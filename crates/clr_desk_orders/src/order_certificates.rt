//! The certificate of an order in which members can be merged.
ghost use Rattle.std.specs.Prelude.{◌≡◌, ◌∷◌, map, None, Some, IfOk};
ghost use Rattle.clr_merge_sets.specs.MergeSetNames.{merge_set};
ghost use Rattle.clr_office_texts.specs.Drafts.{opened_in};
ghost use Rattle.clr_merge_orders.specs.MergeOrders.{IsFoundOrder, in_this_order, order_in};
ghost use Rattle.clr_desk_orders.specs.OrderCertificates.{IsOrderCertificateOfSet, IsOrderCertificatePrint, behind_lines};
ghost use Rattle.clr_desk_orders.specs.PlansInOrder.{IsPlanInOrderPrint};
ghost use Rattle.clr_desk_prints.specs.NameHints.{IsHinted};
ghost use Rattle.clr_desk_prints.specs.Printing.{IsMadePrintout, IsPrintoutIn, printed};

use crate::certificates::print_in_order;
use crate::merge_orders::{order_in, order_lines};
use clr_desk_prints::{Print, RunFault, Words, answer_over_members};
use clr_engine::Office;
use clr_merge_orders::{MergeOrder, merge_order};
use clr_ordered_plans::names_in_order;
use std::alloc::{AllocError, Global};

/// Returns a print with lines in front of its notes.
fn behind_lines(mut lines: Vec<u8>, print: Print) -> Result<Print, AllocError>
    ensures { IfOk result (λ p. printed p ≡ behind_lines lines.items (printed print)) }
{
    let Print {
        text,
        notes,
        ending,
    } = print;
    lines.extend_from_slice(notes.as_slice())?;
    Ok(Print {
        text,
        notes: lines,
        ending,
    })
}

/// Returns the certificate of the members in an order, or as notes why there is none.
fn print_of_positions(
    alloc: Global,
    office: &Office,
    root: &str,
    members: &[&str],
    order: &[u16],
) -> Result<Print, AllocError>
    ensures { IfOk result (λ p. IsPlanInOrderPrint office.now (in_this_order (merge_set root.now (map (λ name. name.now) members.now)) order.now) (printed p)) }
{
    let names = names_in_order(alloc, members, order)?;
    print_in_order(alloc, office, root, names.as_slice())
}

/// Returns the lines of what is said of orders, as notes, and the certificate of an order that was found.
fn print_of_order(
    alloc: Global,
    office: &Office,
    root: &str,
    members: &[&str],
    order: &MergeOrder,
) -> Result<Print, AllocError>
    requires { IsFoundOrder office.now (merge_set root.now (map (λ name. name.now) members.now)) order.now }
    ensures { IfOk result (λ p. IsOrderCertificateOfSet office.now (merge_set root.now (map (λ name. name.now) members.now)) (printed p)) }
{
    let lines = order_lines(alloc, office, root, members, order)?;
    match order_in(order) {
        Some(positions) => {
            let print = print_of_positions(alloc, office, root, members, positions)?;
            behind_lines(lines, print)
        }
        None => Ok(Print::new(Vec::new(alloc), lines, true, false)),
    }
}

/// Returns what is printed where the certificate of an order of members is asked for.
fn print_of_set(
    alloc: Global,
    office: &Office,
    root: &str,
    members: &[&str],
) -> Result<Print, AllocError>
    ensures { IfOk result (λ p. IsOrderCertificateOfSet office.now (merge_set root.now (map (λ name. name.now) members.now)) (printed p)) }
{
    let order = merge_order(alloc, office, root, members)?;
    print_of_order(alloc, office, root, members, &order)
}

/// Returns the certificate of an order in which the members can be merged over the office of a text, and as notes the lines of that order; or no text, and as
/// notes the lines that say why none was found, which count as a refusal. Behind the notes are hints at names that no workspace has. Without names the
/// members are all children of the root. If a rule doesn't hold, the line that says so is the only note, and there is no text. Fails with `BadOffice` if the
/// text is no office, and with `OutOfMemory` for want of memory, which may come in place of any other answer.
pub fn answer_order_certificate(
    alloc: Global,
    office: &[u8],
    root: &str,
    names: &[Words],
) -> Result<Print, RunFault>
    ensures { IsMadePrintout (IsPrintoutIn (IsHinted (IsOrderCertificatePrint root.now names.now) (root.now ∷ names.now)) (opened_in office.now)) result }
{
    answer_over_members(alloc, office, root, names, |office, members| {
        print_of_set(alloc, office, root, members)
    })
}
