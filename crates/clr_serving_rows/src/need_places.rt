//! The place that the rows of a need have in common.

ghost use Rattle.std.specs.Option.{option_copied};
ghost use Rattle.std.specs.Prelude.{◌≡◌};
ghost use Rattle.clr_rows.specs.Parts.{part_of};
ghost use Rattle.clr_rules.specs.Sides.{end_in, sides};
ghost use Rattle.clr_steps.specs.Quiet.{MergeSet};
ghost use Rattle.clr_serving_rows.specs.NeedPlaces.{IsCrossingPlace, IsPlaceIn, end_place, rule_in};
ghost use Rattle.clr_merge_sets.specs.MemberChanges.{AreMembers};

use clr_engine::Office;
use clr_member_changes::MemberChanges;
use clr_merge_sets::row_of_version;
use clr_needs::Need;
use clr_phrases::{Meeting, meet_parts};
use clr_rows::{Place, Row, Shape};
use clr_rules::{Rule, Side, Tip};
use clr_segments::part;

/// Returns the first or the last vertex of a segment or a path.
fn end_of(tip: Tip, shape: &Shape) -> Option<Place>
    ensures { result ≡ end_in tip shape.now }
{
    match (tip, shape) {
        (Tip::First, Shape::Line(place, _)) => Some(*place),
        (Tip::Second, Shape::Line(_, place)) => Some(*place),
        (Tip::First, Shape::Chain(vertices)) => vertices.as_slice().first().copied(),
        (Tip::Second, Shape::Chain(vertices)) => vertices.as_slice().last().copied(),
        _ => None,
    }
}

/// Returns where two rows meet, by the parts of a need.
fn crossing_place(need: &Need, first: &Row, second: &Row) -> Meeting
    ensures { IsCrossingPlace (part_of first.now.shape need.now.first_part) (part_of second.now.shape need.now.second_part) result }
{
    let one = part(&first.shape, need.first_part);
    let two = part(&second.shape, need.second_part);
    match (one, two) {
        (Some(one), Some(two)) => meet_parts(one, two),
        _ => Meeting::NoParts,
    }
}

/// Returns the end of a row as a place where a row that serves it would have to stand.
fn end_place(tip: Tip, row: &Row) -> Meeting
    ensures { result ≡ end_place (end_in tip row.now.shape) }
{
    match end_of(tip, &row.shape) {
        Some(place) => Meeting::Whole(place),
        None => Meeting::NoParts,
    }
}

/// Returns the rule of a need, or none where the book has none of its number.
pub fn rule_of<'a>(office: &'a Office, need: &Need) -> Option<&'a Rule>
    ensures { option_copied result ≡ rule_in office.entry.now need.now }
{
    office.book().rules().get(need.rule as usize)
}

/// Returns where a row that serves a need would have to stand: the place where its rows meet, or the
/// end of the one row. No place is told where the rule asks for none.
pub fn need_place(office: &Office, members: &MemberChanges<'_>, need: &Need) -> Meeting
    ensures { (s : MergeSet) → AreMembers office.now s members.now → IsPlaceIn office.now s need.now result }
{
    let Some(first) = row_of_version(office, members, need.first) else {
        return Meeting::NoParts;
    };
    let second = match need.second {
        Some(version) => row_of_version(office, members, version),
        None => None,
    };
    match (rule_of(office, need), second) {
        (Some(Rule::EndNode { tip, .. }), _) => end_place(*tip, first),
        (Some(Rule::Crossing { .. }), Some(second)) => crossing_place(need, first, second),
        _ => Meeting::NoParts,
    }
}

/// Returns the side whose rows serve under a rule, if any can.
pub fn server_side(rule: &Rule) -> Option<&Side>
    ensures { option_copied result ≡ (sides rule.now).server }
{
    rule.sides().server
}
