//! Rows that serve a need: under which rule and of which side they are, at which place one would have to stand, and which changes
//! of members bring one or take one away.
//!
//! - `rule_of`, `need_place`: the rule of a need, and where a row that serves it would have to stand; a place where rows meet lies on both parts.
//! - `server_changes`: exactly the changes of members that bring a row which serves a need, or take one away, in order.
#![tactic(auto)]

mod need_places;
mod servers;

pub use need_places::{need_place, rule_of, server_side};
pub use servers::{ServerChange, server_changes};
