//! Orders in which members can be merged, as lines.
ghost use Rattle.std.specs.Prelude.{◌≡◌, ◌∷◌, map, option_map, IfOk};
ghost use Rattle.clr_merge_sets.specs.MergeSetNames.{merge_set};
ghost use Rattle.clr_office_texts.specs.Drafts.{opened_in};
ghost use Rattle.clr_merge_orders.specs.MergeOrders.{order_in, order_in_scene};
ghost use Rattle.clr_desk_orders.specs.MergeOrders.{IsMergeOrderOfSet, IsMergeOrderPrint, order_lines, order_print};
ghost use Rattle.clr_desk_prints.specs.NameHints.{IsHinted};
ghost use Rattle.clr_desk_prints.specs.Printing.{IsMadePrintout, IsPrintoutIn, printed};

use clr_desk_prints::{Print, RunFault, Words, answer_over_members};
use clr_engine::Office;
use clr_merge_orders::{MergeOrder, merge_order, merge_order_lines};
use clr_scene_orders::SceneOrder;
use std::alloc::{AllocError, Global};

/// Returns the order that is said of a scene, if one is.
fn order_in_scene(order: &SceneOrder) -> Option<&[u16]>
    ensures { option_map (λ positions. positions.now) result ≡ order_in_scene order.now }
{
    match order {
        SceneOrder::Order { order, .. } => Some(order.as_slice()),
        _ => None,
    }
}

/// Returns the order in which members can be merged, by position, if one was found.
pub(crate) fn order_in(order: &MergeOrder) -> Option<&[u16]>
    ensures { option_map (λ positions. positions.now) result ≡ order_in order.now }
{
    match order {
        MergeOrder::Ordered(order) => order_in_scene(order),
        MergeOrder::Planned(_) => None,
    }
}

/// Returns the lines of what is said of the orders of members.
pub(crate) fn order_lines(
    alloc: Global,
    office: &Office,
    root: &str,
    members: &[&str],
    order: &MergeOrder,
) -> Result<Vec<u8>, AllocError>
    ensures { IfOk result (λ lines. lines.items ≡ order_lines office.now (merge_set root.now (map (λ name. name.now) members.now)) order.now) }
{
    merge_order_lines(alloc, office.schema(), members, root, order)
}

/// Returns the lines of what is said of orders, which count as a refusal unless they are of an order.
fn order_print(
    alloc: Global,
    office: &Office,
    root: &str,
    members: &[&str],
    order: &MergeOrder,
) -> Result<Print, AllocError>
    ensures { IfOk result (λ p. printed p
        ≡ order_print office.now (merge_set root.now (map (λ name. name.now) members.now)) order.now) }
{
    let lines = order_lines(alloc, office, root, members, order)?;
    Ok(Print::new(lines, Vec::new(alloc), order_in(order).is_none(), false))
}

/// Returns what is printed of the orders of members.
fn print_of_set(
    alloc: Global,
    office: &Office,
    root: &str,
    members: &[&str],
) -> Result<Print, AllocError>
    ensures { IfOk result (λ p. IsMergeOrderOfSet office.now (merge_set root.now (map (λ name. name.now) members.now)) (printed p)) }
{
    let order = merge_order(alloc, office, root, members)?;
    order_print(alloc, office, root, members, &order)
}

/// Returns the lines of an order in which the members can be merged over the office of a text, one after another, and of the pairs of which one goes
/// before the other; or those that say why none was found, which count as a refusal. As notes it returns hints at names that no workspace has. Without
/// names the members are all children of the root. If a rule doesn't hold, the line that says so is the only note, and there is no text. Fails with
/// `BadOffice` if the text is no office, and with `OutOfMemory` for want of memory, which may come in place of any other answer.
pub fn answer_order(
    alloc: Global,
    office: &[u8],
    root: &str,
    names: &[Words],
) -> Result<Print, RunFault>
    ensures { IsMadePrintout (IsPrintoutIn (IsHinted (IsMergeOrderPrint root.now names.now) (root.now ∷ names.now)) (opened_in office.now)) result }
{
    answer_over_members(alloc, office, root, names, |office, members| {
        print_of_set(alloc, office, root, members)
    })
}
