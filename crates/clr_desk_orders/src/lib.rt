//! The answers of the second program that say in which order designs can be merged.
//!
//! - Over the office of a text, `answer_order` gives an order of the members that names ask for, with the pairs of which one goes before the
//!   other, or why none was found (`IsMergeOrderPrint`), and `answer_order_certificate` the certificate of that order
//!   (`IsOrderCertificatePrint`). Where no memory is found for an order, these answer OutOfMemory.
//! - `answer_certificate_in_order` gives the certificate of the members in the order of their names, or why there is none
//!   (`IsCertificateInOrderPrint`), and `answer_keep_in_order` which of them are taken, where each is that can be merged next behind those
//!   taken before it (`IsChoiceInOrderPrint`).
//! - `plan_print`, `choice_print`, `names_line`: what is printed of a plan and of members that are taken, also where these are for every order.
#![tactic(auto)]

mod certificates;
mod choice_prints;
mod choices;
mod merge_orders;
mod names_lines;
mod order_certificates;
mod plan_prints;

pub use certificates::answer_certificate_in_order;
pub use choice_prints::{answer_keep_in_order, choice_print};
pub use merge_orders::answer_order;
pub use names_lines::names_line;
pub use order_certificates::answer_order_certificate;
pub use plan_prints::plan_print;
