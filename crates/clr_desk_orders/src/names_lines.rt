//! Lines of names.
ghost use Rattle.std.specs.Prelude.{◌≡◌, map, IfOk};
ghost use Rattle.clr_desk_orders.specs.ChoicePrints.{names_line};

use clr_lines::add_count;
use std::alloc::{AllocError, Global};

/// Returns a word, how many names there are, and the names.
pub fn names_line(alloc: Global, word: &str, names: &[&str]) -> Result<Vec<u8>, AllocError>
    ensures { IfOk result (λ line. line.items ≡ names_line word.now (map (λ name. name.now) names.now)) }
{
    let mut line = Vec::from_slice(alloc, word.as_bytes())?;
    line.extend_from_slice(b" ")?;
    add_count(&mut line, names.len())?;
    for name in names {
        line.extend_from_slice(b" ")?;
        line.extend_from_slice(name.as_bytes())?;
    }
    line.extend_from_slice(b"\n")?;
    Ok(line)
}
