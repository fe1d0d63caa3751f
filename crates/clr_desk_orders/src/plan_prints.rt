//! What is printed of plans.
ghost use Rattle.std.specs.Prelude.{◌≡◌, false, map, IfOk};
ghost use Rattle.clr_merge_sets.specs.MergeSetNames.{merge_set};
ghost use Rattle.clr_merge_sets.specs.Plans.{is_cleared as is_cleared_plan};
ghost use Rattle.clr_desk_orders.specs.PlanPrints.{plan_print};
ghost use Rattle.clr_desk_prints.specs.Printing.{printed};

use clr_cert::write_certificate;
use clr_desk_prints::Print;
use clr_engine::Office;
use clr_plan::{Plan, plan_lines};
use std::alloc::{AllocError, Global};

/// Returns the lines of a plan that isn't cleared, as notes.
fn refusal_print(
    alloc: Global,
    office: &Office,
    root: &str,
    members: &[&str],
    plan: &Plan,
) -> Result<Print, AllocError>
    requires { is_cleared_plan plan.now ≡ false }
    ensures { IfOk result (λ p. printed p
        ≡ plan_print office.now (merge_set root.now (map (λ name. name.now) members.now)) plan.now) }
{
    let notes = plan_lines(alloc, office.schema(), members, root, plan)?;
    Ok(Print::new(Vec::new(alloc), notes, true, plan.is_out_of_memory()))
}

/// Returns the certificate of a cleared plan alone, or the lines of another plan as notes, which counts as a refusal.
pub fn plan_print(
    alloc: Global,
    office: &Office,
    root: &str,
    members: &[&str],
    plan: &Plan,
) -> Result<Print, AllocError>
    ensures { IfOk result (λ p. printed p
        ≡ plan_print office.now (merge_set root.now (map (λ name. name.now) members.now)) plan.now) }
{
    match plan {
        Plan::Cleared(certificate) => {
            let text = write_certificate(alloc, office.schema(), certificate)?;
            Ok(Print::of_text(alloc, text))
        }
        _ => refusal_print(alloc, office, root, members, plan),
    }
}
—————
Give the exact lines, and only those, from the line containing "(s : MergeSet)" through the line containing "let second = match" in the entries above.

    ensures { (s : MergeSet) → AreMembers office.now s members.now → IsPlaceIn office.now s need.now result }
{
    let Some(first) = row_of_version(office, members, need.first) else {
        return Meeting::NoParts;
    };
    let second = match need.second {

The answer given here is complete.